» Records for processing:
//! The values of a record, passed over: of its operands the first alone is kept.
ghost use Rattle.std.specs.Prelude.{◌≡◌, ℕ, ◌-◌, ◌^◌, ◌&&◌, ◌==◌, None, false, IfSome};
ghost use Rattle.bit_stream.specs.Bits.Cursor.{found_at};
ghost use Rattle.bit_stream.specs.Record.{value_by, code_by, names_block};
ghost use Rattle.bit_dump.specs.Walk.Passing.{with_first, is_none, pass_operand, pass_elements, pass_each, pass_counted, pass_tail, pass_unabbreviated, pass_abbreviated, IsPassed, IsPassedTo};
ghost use Rattle.bit_stream.specs.declared.abbreviation.ValueSpelling.TheVariants.{Chunks};

use crate::walk::spelling::WalkedSpelling;
use crate::walk::values::plain_spelling;
use bit_stream::bits::{BitCursor, BitFault};
use bit_stream::{ChunkWidth, ID_LIMIT, Tail, ValueSpelling, bad_abbreviation, code_by, value_by};

/// A record, but for its operands behind the first.
#[derive(Drop)]
pub struct Passed<'b> {
    pub code: u32,
    pub first: Option<u64>,
    pub blob: &'b [u8],
}

/// Behind the values that an abbreviation spells one by one.
#[derive(Drop)]
struct Rest<'b> {
    first: Option<u64>,
    blob: &'b [u8],
}

/// The first operand, behind one more.
fn with_first(first: Option<u64>, number: u64) -> Option<u64>
    ensures { result ≡ with_first first number }
{
    match first {
        Some(first) => Some(first),
        None => Some(number),
    }
}

/// Whether no operand was passed.
fn is_none(first: Option<u64>) -> bool
    ensures { result ≡ is_none first }
{
    match first {
        Some(_) => false,
        None => true,
    }
}

/// One more operand. Where the record names a block, the first operand is its id.
#[tactic(auto, unfolding(crate::specs::Walk::Passing::pass_operand))]
#[inline(always)]
fn pass_operand(
    cursor: &mut BitCursor,
    scalar: ValueSpelling,
    names_block: bool,
    first: Option<u64>,
) -> Result<Option<u64>, BitFault>
    ensures { found_at (λ first. first) result cursor.new ≡ pass_operand names_block first scalar cursor.old }
{
    let bit = cursor.at();
    let number = value_by(cursor, scalar)?;
    if names_block && is_none(first) && number >= ID_LIMIT {
        return Err(bad_abbreviation(bit));
    }
    Ok(with_first(first, number))
}

/// So many operands of one spelling.
#[inline(always)]
pub fn pass_elements(
    cursor: &mut BitCursor,
    scalar: &ValueSpelling,
    count: u64,
    names_block: bool,
    before: Option<u64>,
) -> Result<Option<u64>, BitFault>
    ensures { found_at (λ first. first) result cursor.new ≡ pass_elements names_block scalar.now count before cursor.old }
{
    let mut first = before;
    for _ in 0..count {
        first = pass_operand(cursor, *scalar, names_block, first)?;
    }
    Ok(first)
}

/// The top bit of each of nine chunks of 6 bits.
const TOPS: u64 = 0x0020_8208_2082_0820;

/// The place behind so many operands of a record without an abbreviation, where they are at most nine, and each has one
/// chunk.
#[inline(always)]
fn behind_short<'b>(cursor: &BitCursor<'b>, count: u64) -> Option<BitCursor<'b>>
    ensures { IfSome result (λ behind. IsPassedTo (pass_elements false (Chunks 6) count None cursor.now) behind) }
{
    if count > 9 {
        return None;
    }
    let mut behind = cursor.copy();
    let Ok(chunks) = behind.fixed(6 * count as u32) else {
        return None;
    };
    if chunks & TOPS == 0 {
        return Some(behind);
    }
    None
}

/// So many operands of a record without an abbreviation, whatever they are.
#[inline(always)]
pub fn pass_plain(cursor: &mut BitCursor, count: u64) -> Result<(), BitFault>
    ensures { IsPassed result cursor.new (pass_elements false (Chunks 6) count None cursor.old) }
{
    if count == 0 {
        return Ok(());
    }
    if let Some(behind) = behind_short(cursor, count) {
        *cursor = behind;
        return Ok(());
    }
    let spelling = plain_spelling();
    pass_elements(cursor, &spelling, count, false, None)?;
    Ok(())
}

/// Operands of these spellings.
fn pass_each(
    cursor: &mut BitCursor,
    scalars: &[ValueSpelling],
    names_block: bool,
) -> Result<Option<u64>, BitFault>
    ensures { found_at (λ first. first) result cursor.new ≡ pass_each names_block scalars.now None cursor.old }
{
    let mut first = None;
    for scalar in scalars {
        first = pass_operand(cursor, *scalar, names_block, first)?;
    }
    Ok(first)
}

/// The operands that an abbreviation spells one by one. Of its literals only the first operand is looked at.
fn pass_fields(
    cursor: &mut BitCursor,
    spelling: &WalkedSpelling,
    names_block: bool,
) -> Result<Option<u64>, BitFault>
    ensures { found_at (λ first. first) result cursor.new ≡ pass_each names_block spelling.now.operands None cursor.old }
{
    pass_each(cursor, spelling.read(), names_block)
}

/// A count of operands and so many of them.
#[tactic(auto, unfolding(crate::specs::Walk::Passing::pass_counted))]
#[inline(always)]
fn pass_counted(
    cursor: &mut BitCursor,
    scalar: ValueSpelling,
    names_block: bool,
    first: Option<u64>,
) -> Result<Option<u64>, BitFault>
    ensures { found_at (λ first. first) result cursor.new ≡ pass_counted names_block scalar first cursor.old }
{
    let count = cursor.vbr(6)?;
    pass_elements(cursor, &scalar, count, names_block, first)
}

/// The operands that the end of an abbreviation gives, and the blob.
#[tactic(auto, unfolding(crate::specs::Walk::Passing::pass_tail))]
fn pass_tail<'b>(
    cursor: &mut BitCursor<'b>,
    tail: Tail,
    names_block: bool,
    first: Option<u64>,
) -> Result<Rest<'b>, BitFault>
    ensures { found_at (λ rest. (rest.first, rest.blob.now)) result cursor.new ≡ pass_tail names_block tail first cursor.old }
{
    match tail {
        Tail::NoTail => Ok(Rest { first, blob: &[] }),
        Tail::Elements(scalar) => {
            let first = pass_counted(cursor, scalar, names_block, first)?;
            Ok(Rest { first, blob: &[] })
        }
        Tail::Bytes => {
            let blob = cursor.blob()?;
            Ok(Rest { first, blob })
        }
    }
}

/// A record without an abbreviation.
#[tactic(auto, unfolding(crate::specs::Walk::Passing::pass_unabbreviated))]
pub fn pass_unabbreviated<'b>(
    cursor: &mut BitCursor<'b>,
    in_blockinfo: bool,
) -> Result<Passed<'b>, BitFault>
    ensures { found_at (λ passed. record { code = passed.code; first = passed.first; blob = passed.blob.now }) result cursor.new ≡ pass_unabbreviated in_blockinfo cursor.old }
{
    let spelling = ValueSpelling::Chunks(ChunkWidth::new(6));
    let code = code_by(cursor, spelling)?;
    let first = pass_counted(cursor, spelling, in_blockinfo && code == 1, None)?;
    Ok(Passed {
        code,
        first,
        blob: &[],
    })
}

/// A record by an abbreviation.
#[tactic(auto, unfolding(crate::specs::Walk::Passing::pass_abbreviated))]
pub fn pass_abbreviated<'b>(
    cursor: &mut BitCursor<'b>,
    spelling: &WalkedSpelling,
    in_blockinfo: bool,
) -> Result<Passed<'b>, BitFault>
    ensures { found_at (λ passed. record { code = passed.code; first = passed.first; blob = passed.blob.now }) result cursor.new ≡ pass_abbreviated in_blockinfo spelling.now cursor.old }
{
    let abbreviation = spelling.admitted();
    let code = code_by(cursor, abbreviation.code)?;
    let names_block = in_blockinfo && code == 1;
    let front = pass_fields(cursor, spelling, names_block)?;
    let rest = pass_tail(cursor, abbreviation.tail, names_block, front)?;
    Ok(Passed {
        code,
        first: rest.first,
        blob: rest.blob,
    })
}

» Work instruction: Among the lines above, find the one with "behind the first." and the one with "fn with_first(first: Option<u64>, number: u64)". Quote both and everything between them, exactly.

» Solution:
/// A record, but for its operands behind the first.
#[derive(Drop)]
pub struct Passed<'b> {
    pub code: u32,
    pub first: Option<u64>,
    pub blob: &'b [u8],
}

/// Behind the values that an abbreviation spells one by one.
#[derive(Drop)]
struct Rest<'b> {
    first: Option<u64>,
    blob: &'b [u8],
}

/// The first operand, behind one more.
fn with_first(first: Option<u64>, number: u64) -> Option<u64>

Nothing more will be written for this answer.